## Records for this task
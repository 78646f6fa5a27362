//! Computes the layouts of a module's types: their numbers of cells, and the offsets of fields.
//!
//! The checker's table of types has the ARRAY and RECORD types of the module. The layout of each is
//! computed once, in the order of this table, from the layouts of earlier entries (`AreLayoutsOfTypes`).
//! The offset of a field is found by the index of the field in the record.

ghost use Rattle.std.specs.Prelude.{◌≡◌, ◌≤◌, ◌+◌, ◌*◌, ◌^◌, ℕ, IfOk, List, MatchResult, slice_index_or};
ghost use Rattle.ob0_run_cells.specs.Cells.{field_offset, shape_cell_count, step_offset};
ghost use Rattle.ob0_language_names.specs.Names.{Name};
ghost use Rattle.ob0_types_table.specs.FieldPlaces.{selected_field};
ghost use Rattle.ob0_types_table.specs.DeclarationTables.{shapes_of};
ghost use Rattle.ob0_types_table.specs.DeclarationTableView.{field_shapes, entry_shape, faulty_shape, array_shape_or_faulty, record_shape_or_faulty, type_shape};
ghost use Rattle.ob0_language_values.specs.Values as values;
ghost use Rattle.ob0_run_lowering.specs.Layouts.{IsLayoutOfFields, AreLayoutsOfTypes, IsLayoutOfType, IsLayoutOfRecord};

use ob0_types_table::{DeclarationTable, Field, FieldId, TypeEntry, TypeId};
use std::alloc::{AllocError, Global};
use std::marker::Model;

/// The layout of a record: its number of cells, and the offset of each field within these cells.
#[derive(Drop)]
struct RecordLayout {
    cells: usize,
    offsets: Vec<usize>,
}

/// The layout of an array or a record type: an array's number of cells, or a record's layout.
#[derive(Drop)]
enum CellLayout {
    Array(usize),
    Record(RecordLayout),
}

/// The table of a module's declarations, and the layouts of the array and record types in this
/// table.
#[derive(Drop)]
pub struct TypeLayouts<'k> {
    known: &'k DeclarationTable,
    layouts: Vec<CellLayout>,
}

/// Returns the sum of two numbers of cells. Fails exactly if the sum has more than 64 bits. The
/// error is a failed allocation, since no allocation is that large.
fn cell_count_sum(cells: usize, more: usize) -> Result<usize, AllocError>
    ensures { MatchResult result (λ n. n ≡ cells + more) (λ _. 2 ^ 64 ≤ cells + more) }
{
    match cells.checked_add(more) {
        None => Err(AllocError),
        Some(sum) => Ok(sum),
    }
}

/// Returns the product of a number of elements and the number of cells of each. Fails exactly if
/// the product has more than 64 bits.
fn cell_count_product(count: usize, cells: usize) -> Result<usize, AllocError>
    ensures { MatchResult result (λ n. n ≡ count * cells) (λ _. 2 ^ 64 ≤ count * cells) }
{
    match count.checked_mul(cells) {
        None => Err(AllocError),
        Some(product) => Ok(product),
    }
}

/// Returns the number of cells of the array type at the index `place` of the table of types.
/// `layouts` has the layouts of this table. Returns 0 if the table has no array type at this index.
fn array_cell_count(layouts: &[CellLayout], place: usize) -> usize
    ensures { (shapes : List values.Shape)
        → AreLayoutsOfTypes shapes layouts.now
        → result ≡ shape_cell_count (array_shape_or_faulty (slice_index_or shapes place faulty_shape)) }
{
    match layouts.get(place) {
        None => 0,
        Some(layout) => match layout {
            CellLayout::Array(cells) => *cells,
            CellLayout::Record(_) => 0,
        },
    }
}

/// Returns the layout of the record type at the index `place` of the table of types. `layouts` has
/// the layouts of this table. Returns None if the table has no record type at this index.
fn record_layout_at(layouts: &[CellLayout], place: usize) -> Option<&RecordLayout>
    ensures { (shapes : List values.Shape)
        → AreLayoutsOfTypes shapes layouts.now
        → IsLayoutOfRecord result (record_shape_or_faulty (slice_index_or shapes place faulty_shape)) }
{
    match layouts.get(place) {
        None => None,
        Some(layout) => match layout {
            CellLayout::Record(record) => Some(record),
            CellLayout::Array(_) => None,
        },
    }
}

fn record_cell_count(layouts: &[CellLayout], place: usize) -> usize
    ensures { (shapes : List values.Shape)
        → AreLayoutsOfTypes shapes layouts.now
        → result ≡ shape_cell_count (record_shape_or_faulty (slice_index_or shapes place faulty_shape)) }
{
    match record_layout_at(layouts, place) {
        None => 0,
        Some(record) => record.cells,
    }
}

/// Returns the number of cells of a type, from the layouts so far. Returns 0 for an unknown type,
/// or if there is no layout of this type.
fn size_from_layouts(layouts: &[CellLayout], of: TypeId) -> usize
    ensures { (shapes : List values.Shape)
        → AreLayoutsOfTypes shapes layouts.now
        → result ≡ shape_cell_count (type_shape shapes of) }
{
    match of {
        TypeId::Integer => 1,
        TypeId::Boolean => 1,
        TypeId::Array(place) => array_cell_count(layouts, place),
        TypeId::Record(place) => record_cell_count(layouts, place),
        TypeId::Unknown => 0,
    }
}

/// Returns the layout of a record with these fields, which are stored one after the other. Fails if
/// an allocation fails, or if the number of cells has more than 64 bits.
fn lay_out_record(
    alloc: Global,
    layouts: &[CellLayout],
    fields: &[Field],
) -> Result<RecordLayout, AllocError>
    ensures { (shapes : List values.Shape)
        → AreLayoutsOfTypes shapes layouts.now
        → IfOk result (IsLayoutOfFields (field_shapes shapes fields.now)) }
{
    let mut offsets = Vec::new(alloc);
    let mut cells = 0;
    for field in fields {
        offsets.push(cells)?;
        cells = cell_count_sum(cells, size_from_layouts(layouts, field.of))?;
    }
    Ok(RecordLayout { cells, offsets })
}

/// Returns the layout of an entry of the table of types, from the layouts of the entries before it.
/// Fails if an allocation fails, or if the number of cells has more than 64 bits.
fn entry_layout(
    alloc: Global,
    layouts: &[CellLayout],
    shape: &TypeEntry,
) -> Result<CellLayout, AllocError>
    ensures { (shapes : List values.Shape)
        → AreLayoutsOfTypes shapes layouts.now
        → IfOk result (IsLayoutOfType (entry_shape shapes shape.now)) }
{
    match shape {
        TypeEntry::Array(array) => {
            let cells = cell_count_product(
                array.length,
                size_from_layouts(layouts, array.element),
            )?;
            Ok(CellLayout::Array(cells))
        }
        TypeEntry::Record(record) => {
            let layout = lay_out_record(alloc, layouts, record.fields.as_slice())?;
            Ok(CellLayout::Record(layout))
        }
    }
}

impl<'k> Model for TypeLayouts<'k> {
    ghost use Rattle.ob0_types_table.specs.DeclarationTables.{DeclarationTableView, shapes_of};
    ghost use Rattle.ob0_run_lowering.specs.Layouts.{AreLayoutsOfTypes};

    ghost Value = { DeclarationTableView };

    ghost view = { λ t. t.known.now };

    ghost invariant = { λ t. AreLayoutsOfTypes (shapes_of t.known.now) t.layouts.items };
}

impl<'k> TypeLayouts<'k> {
    ghost use Rattle.ob0_types_table.specs.DeclarationTables.{shapes_of};
    ghost use Rattle.ob0_language_values.specs.Values.{at_field};

    /// Computes the layouts of all array and record types in the table `known`.
    ///
    /// # Errors
    ///
    /// An allocation failed, or a size has more than 64 bits.
    pub fn new(alloc: Global, known: &'k DeclarationTable) -> Result<TypeLayouts<'k>, AllocError>
        ensures { IfOk result (λ t. t ≡ known.now) }
    {
        let layouts = lay_out_types(alloc, known)?;
        Ok(TypeLayouts { known, layouts })
    }

    /// Returns the table of the module's declarations.
    pub fn declarations(&self) -> &'k DeclarationTable
        ensures { result.now ≡ self.now }
    {
        self.known
    }

    /// Returns the number of cells of a type, or 0 for an unknown type.
    pub fn size(&self, of: TypeId) -> usize
        ensures { result ≡ shape_cell_count (type_shape (shapes_of self.now) of) }
    {
        size_from_layouts(self.layouts.as_slice(), of)
    }

    /// Returns the offset of the first field with this name, in cells from the start of its record.
    /// Returns the size of the record if there is no such field, and 0 if the type isn't a record
    /// type.
    pub fn offset(&self, of: TypeId, name: &str) -> usize
        ensures { result ≡ step_offset (type_shape (shapes_of self.now) of) (at_field name.now) }
    {
        named_field_offset(self.known, self.layouts.as_slice(), of, name)
    }
}

fn offset_at_index(offsets: &[usize], index: usize) -> usize
    ensures { result ≡ slice_index_or offsets.now index 0 }
{
    match offsets.get(index) {
        None => 0,
        Some(offset) => *offset,
    }
}

/// Returns the offset of a field, in cells from the start of its record. For None, returns the size
/// of the record.
fn offset_of_field(laid: &RecordLayout, field: Option<FieldId>) -> usize
    ensures { (k : ℕ) (fs : values.FieldShapes) (x : Name)
        → IsLayoutOfFields fs laid.now
        → field ≡ selected_field (values.record_shape k fs) x
        → result ≡ field_offset fs x }
{
    match field {
        None => laid.cells,
        Some(field) => offset_at_index(laid.offsets.as_slice(), field.index),
    }
}

fn named_field_offset(
    known: &DeclarationTable,
    layouts: &[CellLayout],
    of: TypeId,
    name: &str,
) -> usize
    ensures { AreLayoutsOfTypes (shapes_of known.now) layouts.now
        → result ≡ step_offset (type_shape (shapes_of known.now) of) (values.at_field name.now) }
{
    match of {
        TypeId::Record(place) => match record_layout_at(layouts, place) {
            None => 0,
            Some(record) => offset_of_field(record, known.field(of, name)),
        },
        TypeId::Integer => 0,
        TypeId::Boolean => 0,
        TypeId::Array(_) => 0,
        TypeId::Unknown => 0,
    }
}

/// Returns the layouts of all array and record types in the table `known`, in the table's order.
/// Each layout is computed from the layouts before it.
fn lay_out_types(alloc: Global, known: &DeclarationTable) -> Result<Vec<CellLayout>, AllocError>
    ensures { IfOk result (λ layouts. AreLayoutsOfTypes (shapes_of known.now) layouts.items) }
{
    let mut layouts = Vec::new(alloc);
    for shape in known.type_entries() {
        let next = entry_layout(alloc, layouts.as_slice(), shape)?;
        layouts.push(next)?;
    }
    Ok(layouts)
}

## What you will do
Determine the number of lines in the data that include the word "there", and provide that number without comment.

## Answer space
2